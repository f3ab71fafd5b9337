// Books, several bodies in one list of bytes with an entry for each, and the line that tells what a comparison found.
#![tactic(auto)]

ghost use Rattle.book.specs.Entries.{RefusalsStand, OneFault, BodiesStand};

pub mod lines;
pub mod making;
mod pens;
pub mod reading;

/// The most bodies of a book.
pub const MOST_BODIES: usize = 16;

/// The most bytes of a book.
pub const MOST_BYTES: usize = 16384;

/// A refusal of `Book::read` means that the bytes are the book of no bodies.
pub fn refusals_stand()
    ensures { RefusalsStand }
{}

/// Bytes that are no book have one fault.
pub fn one_fault()
    ensures { OneFault }
{}

/// A book has one list of bodies: those that its entries give.
pub fn bodies_stand()
    ensures { BodiesStand }
{}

+===+

ACTION ITEM
All lines from the one containing "pub const MOST_BODIES: usize = 16;" to the end of the records, both ends included, should be printed exactly and on their own.

EXERCISE SOLUTION
pub const MOST_BODIES: usize = 16;

/// The most bytes of a book.
pub const MOST_BYTES: usize = 16384;

/// A refusal of `Book::read` means that the bytes are the book of no bodies.
pub fn refusals_stand()
    ensures { RefusalsStand }
{}

/// Bytes that are no book have one fault.
pub fn one_fault()
    ensures { OneFault }
{}

/// A book has one list of bodies: those that its entries give.
pub fn bodies_stand()
    ensures { BodiesStand }
{}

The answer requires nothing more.